In my experience in data engineering, it’s very unlikely you can exceed 500mb/s throughput of your business logic as most libraries you’re using are not optimized to that degree (SIMD etc.). That being said I think it’s a good technique to try out.

I’m trying to think of other applications this could be useful for. Maybe video workflows?

sixthDot 1 year ago |

> I do not know why the JMP is not just a RET, however.

The jump seems generated by the expansion of the `ASM_CLAC` macro, which is supposed to change the EFLAGS register ([1], [2]). However in this case the expansion looks like it does nothing (maybe because of the target ?). I 'd be interested to know more about that. Call to the wild.

[1]: https://github.com/torvalds/linux/blob/master/arch/x86/inclu...

[2]: https://stackoverflow.com/a/60579385

yencabulator 1 year ago |

FUSE can be a bit trickier than a single queue of data chunks. Reads from /dev/fuse actually pick the right message to read based on priorities, and there's cases where the message queue is meddled with to e.g. cancel requests before they're even sent to userspace. If you naively switch it to eagerly putting messages into a userspace-visible ringbuffer, you might significantly change behavior in cases like interrupting slow operations. Imagine having to fulfill a ringbuf worth of requests to a misbehaving backend taking 5sec/op, just to see the cancellations at the very end.

nyanpasu64 1 year ago |

How do you gather profiling information for kernel function calls from a user program?

qsantos 1 year ago | |

I'll write an article on the flamegraphs specifically, but to get the data, just follow Julia's article!

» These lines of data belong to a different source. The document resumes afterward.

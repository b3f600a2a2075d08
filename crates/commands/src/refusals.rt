// The lines of refusals with parts.
ghost use Rattle.std.specs.Prelude.{◌≡◌, ◌++◌, All, OnOk, codes, decimal, map, string_bytes};
ghost use Rattle.std.specs.Fmt.{signed_decimal};
ghost use Rattle.std.specs.List.{AllByRecursion, join_with_byte};
ghost use Rattle.cell_refs.specs.Listed.{IsListed};
ghost use Rattle.model_lines.specs.Cells.{cell_with_sheet};
ghost use Rattle.commands.specs.Preceded.{preceded};
ghost use Rattle.commands.specs.Refusals.{FaultIsListed, PlaceIsListed, RefusalIsListed, StepIsListed, names_text, path_text, pivot_text, place_text, refusal_text, sign_text, span_text, step_text};

use crate::answer::PathStep;
use cell_refs::{Cell, SheetNames, Span, print_cell};
use form_needs::FormRefusal;
use itoa::Buffer;
use sheet_model::Memory;
use solver_names::NamesFault;
use workbook::Place;

// ---- parts

/// Appends a text as it is.
pub(crate) fn say_text(text: &str, to: &mut String) -> Result<(), Memory>
    ensures { OnOk result (string_bytes to.new ≡ string_bytes to.old ++ text.now) }
{
    to.push_str(text)?;
    Ok(())
}

// Appends a word and a text.
fn say_texts(word: &str, text: &str, to: &mut String) -> Result<(), Memory>
    ensures { OnOk result (string_bytes to.new ≡ string_bytes to.old ++ (word.now ++ text.now)) }
{
    to.push_str(word)?;
    to.push_str(text)?;
    Ok(())
}

/// Appends a word and a number.
pub(crate) fn say_number(word: &str, number: u64, to: &mut String) -> Result<(), Memory>
    ensures { OnOk result (string_bytes to.new
        ≡ string_bytes to.old ++ (word.now ++ decimal number)) }
{
    to.push_str(word)?;
    let mut digits = Buffer::new();
    to.push_str(digits.format(number))?;
    Ok(())
}

// Appends a number with its sign.
fn say_signed(number: i128, to: &mut String) -> Result<(), Memory>
    ensures { OnOk result (string_bytes to.new ≡ string_bytes to.old ++ signed_decimal number) }
{
    let mut digits = Buffer::new();
    to.push_str(digits.format(number))?;
    Ok(())
}

// Appends a cell with its sheet.
#[tactic(auto, using(model_lines::proofs::Cells::cell_said))]
fn say_cell(cell: &Cell, sheets: &SheetNames, to: &mut String) -> Result<(), Memory>
    requires { IsListed sheets.now cell.now }
    ensures { OnOk result (string_bytes to.new
        ≡ string_bytes to.old ++ cell_with_sheet sheets.now cell.now) }
{
    print_cell(cell, sheets, to)
}

/// Appends a word and a cell with its sheet.
pub(crate) fn say_with_cell(
    word: &str,
    cell: &Cell,
    sheets: &SheetNames,
    to: &mut String,
) -> Result<(), Memory>
    requires { IsListed sheets.now cell.now }
    ensures { OnOk result (string_bytes to.new
        ≡ string_bytes to.old ++ (word.now ++ cell_with_sheet sheets.now cell.now)) }
{
    to.push_str(word)?;
    say_cell(cell, sheets, to)
}

// ---- names

/// Appends a fault of the names.
pub(crate) fn say_names(
    fault: &NamesFault,
    sheets: &SheetNames,
    to: &mut String,
) -> Result<(), Memory>
    requires { FaultIsListed sheets.now fault.now }
    ensures { OnOk result (string_bytes to.new
        ≡ string_bytes to.old ++ (codes "refused names " ++ names_text sheets.now fault.now)) }
{
    to.push_str("refused names ")?;
    say_fault(fault, sheets, to)?;
    Ok(())
}

// Appends the number of a fault, and its parts.
fn say_fault(fault: &NamesFault, sheets: &SheetNames, to: &mut String) -> Result<(), Memory>
    requires { FaultIsListed sheets.now fault.now }
    ensures { OnOk result (string_bytes to.new
        ≡ string_bytes to.old ++ names_text sheets.now fault.now) }
{
    match fault {
        NamesFault::NoNames => say_text("1", to),
        NamesFault::BadReference(name) => say_texts("2 ", name.as_str(), to),
        NamesFault::MissingPart(constraint) => say_number("3 ", u64::from(*constraint), to),
        NamesFault::BadRelation(constraint, code) => say_code(*constraint, code.as_str(), to),
        NamesFault::SizeMismatch(constraint, left, right) => {
            say_sizes(*constraint, *left, *right, to)
        }
        NamesFault::NotDecision(constraint, cell) => {
            say_number("6 ", u64::from(*constraint), to)?;
            say_with_cell(" ", cell, sheets, to)
        }
        NamesFault::BadOption(name) => say_texts("7 ", name.as_str(), to),
        NamesFault::TooManyDecisions(count) => say_number("8 ", u64::from(*count), to),
        NamesFault::TooManyRows(count) => say_number("9 ", u64::from(*count), to),
        NamesFault::Memory => Err(Memory),
    }
}

// Appends a constraint and its code, between quotes.
fn say_code(constraint: u16, code: &str, to: &mut String) -> Result<(), Memory>
    ensures { OnOk result (string_bytes to.new ≡ string_bytes to.old
        ++ (codes "4 " ++ (decimal constraint ++ (codes " \"" ++ (code.now ++ codes "\""))))) }
{
    say_number("4 ", u64::from(constraint), to)?;
    say_texts(" \"", code, to)?;
    say_text("\"", to)
}

// Appends a constraint and the numbers of cells of its sides.
fn say_sizes(constraint: u16, left: u32, right: u32, to: &mut String) -> Result<(), Memory>
    ensures { OnOk result (string_bytes to.new ≡ string_bytes to.old ++ (codes "5 "
        ++ (decimal constraint ++ (codes " " ++ (decimal left ++ (codes " " ++ decimal right)))))) }
{
    say_number("5 ", u64::from(constraint), to)?;
    say_number(" ", u64::from(left), to)?;
    say_number(" ", u64::from(right), to)
}

// ---- forms

/// Appends why a sheet has no linear model.
pub(crate) fn say_form(
    refusal: &FormRefusal,
    sheets: &SheetNames,
    to: &mut String,
) -> Result<(), Memory>
    requires { RefusalIsListed sheets.now refusal.now }
    ensures { OnOk result (string_bytes to.new
        ≡ string_bytes to.old ++ (codes "refused " ++ refusal_text sheets.now refusal.now)) }
{
    to.push_str("refused ")?;
    say_refusal(refusal, sheets, to)
}

// Appends the word of a refusal, and its parts.
fn say_refusal(refusal: &FormRefusal, sheets: &SheetNames, to: &mut String) -> Result<(), Memory>
    requires { RefusalIsListed sheets.now refusal.now }
    ensures { OnOk result (string_bytes to.new
        ≡ string_bytes to.old ++ refusal_text sheets.now refusal.now) }
{
    match refusal {
        FormRefusal::Malformed(cell) => say_with_cell("malformed ", cell, sheets, to),
        FormRefusal::Circular(place) => say_with_place("circular ", place, sheets, to),
        FormRefusal::NotAffine(place, at) => {
            say_with_place("not-affine ", place, sheets, to)?;
            say_span(*at, to)
        }
        FormRefusal::Undecided(place, at) => {
            say_with_place("undecided ", place, sheets, to)?;
            say_span(*at, to)
        }
        FormRefusal::Wide(place) => say_with_place("wide ", place, sheets, to),
        FormRefusal::NotNumber(place) => say_with_place("not-number ", place, sheets, to),
    }
}

// Appends a word and a place: a cell with its sheet, or a right side by its name.
fn say_with_place(
    word: &str,
    place: &Place,
    sheets: &SheetNames,
    to: &mut String,
) -> Result<(), Memory>
    requires { PlaceIsListed sheets.now place.now }
    ensures { OnOk result (string_bytes to.new
        ≡ string_bytes to.old ++ (word.now ++ place_text sheets.now place.now)) }
{
    to.push_str(word)?;
    match place {
        Place::Cell(cell) => say_cell(cell, sheets, to),
        Place::Side(constraint) => say_number("solver_rhs", u64::from(*constraint), to),
    }
}

// Appends a space and a place in a text.
fn say_span(at: Span, to: &mut String) -> Result<(), Memory>
    ensures { OnOk result (string_bytes to.new
        ≡ string_bytes to.old ++ (codes " " ++ span_text at)) }
{
    say_number(" ", u64::from(at.start), to)?;
    say_number("-", u64::from(at.end), to)
}

// ---- pivots

/// Appends a pivot that isn't narrow: the path to the node, the basis, and the row and the column.
pub(crate) fn say_pivot(
    path: &[PathStep],
    basis: &[u16],
    place: (u16, u16),
    sheets: &SheetNames,
    to: &mut String,
) -> Result<(), Memory>
    requires { All (StepIsListed sheets.now) path.now }
    ensures { OnOk result (string_bytes to.new ≡ string_bytes to.old ++ (codes "refused wide-pivot "
        ++ pivot_text sheets.now path.now basis.now place.0 place.1)) }
{
    to.push_str("refused wide-pivot ")?;
    say_path(path, sheets, to)?;
    to.push_str(" basis ")?;
    say_basis(basis, to)?;
    say_number(" at ", u64::from(place.0), to)?;
    say_number(" ", u64::from(place.1), to)?;
    Ok(())
}

// Appends the steps from the root, with commas between them.
fn say_path(path: &[PathStep], sheets: &SheetNames, to: &mut String) -> Result<(), Memory>
    requires { AllByRecursion (StepIsListed sheets.now) path.now }
    ensures { OnOk result (string_bytes to.new
        ≡ string_bytes to.old ++ path_text sheets.now path.now) }
{
    let [first, rest @ ..] = path else {
        return say_text("root", to);
    };
    say_step(first, sheets, to)?;
    say_further_steps(rest, sheets, to)?;
    Ok(())
}

// Appends steps, each behind a comma.
fn say_further_steps(steps: &[PathStep], sheets: &SheetNames, to: &mut String) -> Result<(), Memory>
    requires { AllByRecursion (StepIsListed sheets.now) steps.now }
    ensures { OnOk result (string_bytes to.new
        ≡ string_bytes to.old ++ preceded (map (step_text sheets.now) steps.now)) }
{
    match steps {
        [] => Ok(()),
        [first, rest @ ..] => {
            to.push_str(",")?;
            say_step(first, sheets, to)?;
            say_further_steps(rest, sheets, to)
        }
    }
}

// Appends a step: the cell, and the bound that it sets.
fn say_step(step: &PathStep, sheets: &SheetNames, to: &mut String) -> Result<(), Memory>
    requires { StepIsListed sheets.now step.now }
    ensures { OnOk result (string_bytes to.new
        ≡ string_bytes to.old ++ step_text sheets.now step.now) }
{
    say_cell(&step.cell, sheets, to)?;
    say_sign(step.upper, to)?;
    say_signed(step.bound, to)
}

// Appends the sign of an upper or a lower part.
fn say_sign(upper: bool, to: &mut String) -> Result<(), Memory>
    ensures { OnOk result (string_bytes to.new ≡ string_bytes to.old ++ sign_text upper) }
{
    to.push_str(if upper { ">=" } else { "<=" })?;
    Ok(())
}

// Appends the columns of a basis, with commas between them.
fn say_basis(basis: &[u16], to: &mut String) -> Result<(), Memory>
    ensures { OnOk result (string_bytes to.new
        ≡ string_bytes to.old ++ join_with_byte 44 (map decimal basis.now)) }
{
    let [first, rest @ ..] = basis else {
        return Ok(());
    };
    say_number("", u64::from(*first), to)?;
    say_further_columns(rest, to)?;
    Ok(())
}

// Appends columns, each behind a comma.
fn say_further_columns(columns: &[u16], to: &mut String) -> Result<(), Memory>
    ensures { OnOk result (string_bytes to.new
        ≡ string_bytes to.old ++ preceded (map decimal columns.now)) }
{
    match columns {
        [] => Ok(()),
        [first, rest @ ..] => {
            say_number(",", u64::from(*first), to)?;
            say_further_columns(rest, to)
        }
    }
}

https://jvns.ca/blog/2017/03/19/getting-started-with-ftrace/

ismaildonmez 1 year ago | | |

Could you clarify how are you testing the speed of the first example where you are not writing anything to stdout? Thanks.

jvanderbot 1 year ago |

> Although SSE2 is always available on x86-64, I also disabled the cpuid bit for SSE2 and SSE to see if it could nudge glibc into using scalar registers to copy data. I immediately got a kernel panic. Ah, well.

I think you need to recompile your compiler, or disable those explicitly via link / cc flags. Compilers are fairly hard to get to coax / dissuade SIMD instructions, IMHO.

arendtio 1 year ago |

I know pipes primarily from shell scripts. Are they being used in other contexts as extensively, too? Like C or Rust programs?

guenthert 1 year ago | |

Most shells are C programs, so it's clearly possible to use pipes there (and consequently any language with a C FFI, including Rust) and it's done. It's cumbersome though. That's why there are so called glue languages, including shells. Compiler and similar tools might establish pipes and will do so directly, rather than via a glue language. Perhaps a grep through github could tell how 'extensive' this truly is.

For the data transfer rate it doesn't matter how (using which language) the pipe is established; C and Rust and the like will have a (small) edge up in the start-up time (latency) though.

up2isomorphism 1 year ago |

Someone tasted a bread thinking it is not sweet enough, which is fine. But calling the bread bland is funny because it does not mean to taste sweet.

jeremyscanvic 1 year ago |

Great post! I didn't know about vmsplice(2). I'm glad to see a former ENSL student here as well!

qsantos 1 year ago | |

Hey!

goodpoint 1 year ago |

Excellent article even if, to be honest, the title is clickbait.

chmaynard 1 year ago | |

Agreed. Titles that don't use quantifiers are almost always misleading at best.

mparnisari 1 year ago |

I get PR_CONNECT_RESET_ERROR when trying to open the page

qsantos 1 year ago | |

My server struggles a bit with the load on the WordPress site. You should be fine just reloading. I will make sure to improve things for the next time!

cowsaymoo 1 year ago |

What is the library used to profile the program?

tzury 1 year ago | |

https://linux.die.net/man/1/pv

it is in the pipe command `... | pv > /dev/null`

throw12390 1 year ago | | |

`pv --discard` is faster by 8% (on my system).

  % pv </dev/zero >/dev/null
  54.0GiB/s

  % pv </dev/zero --discard
  58.7GiB/s

djaouen 1 year ago |

So is Python, but I'm still gonna use it lol

jheriko 1 year ago |

just never use pipes. they are some weird archaism that need to die :P

the only time ive used them is external constraints. they are just not useful.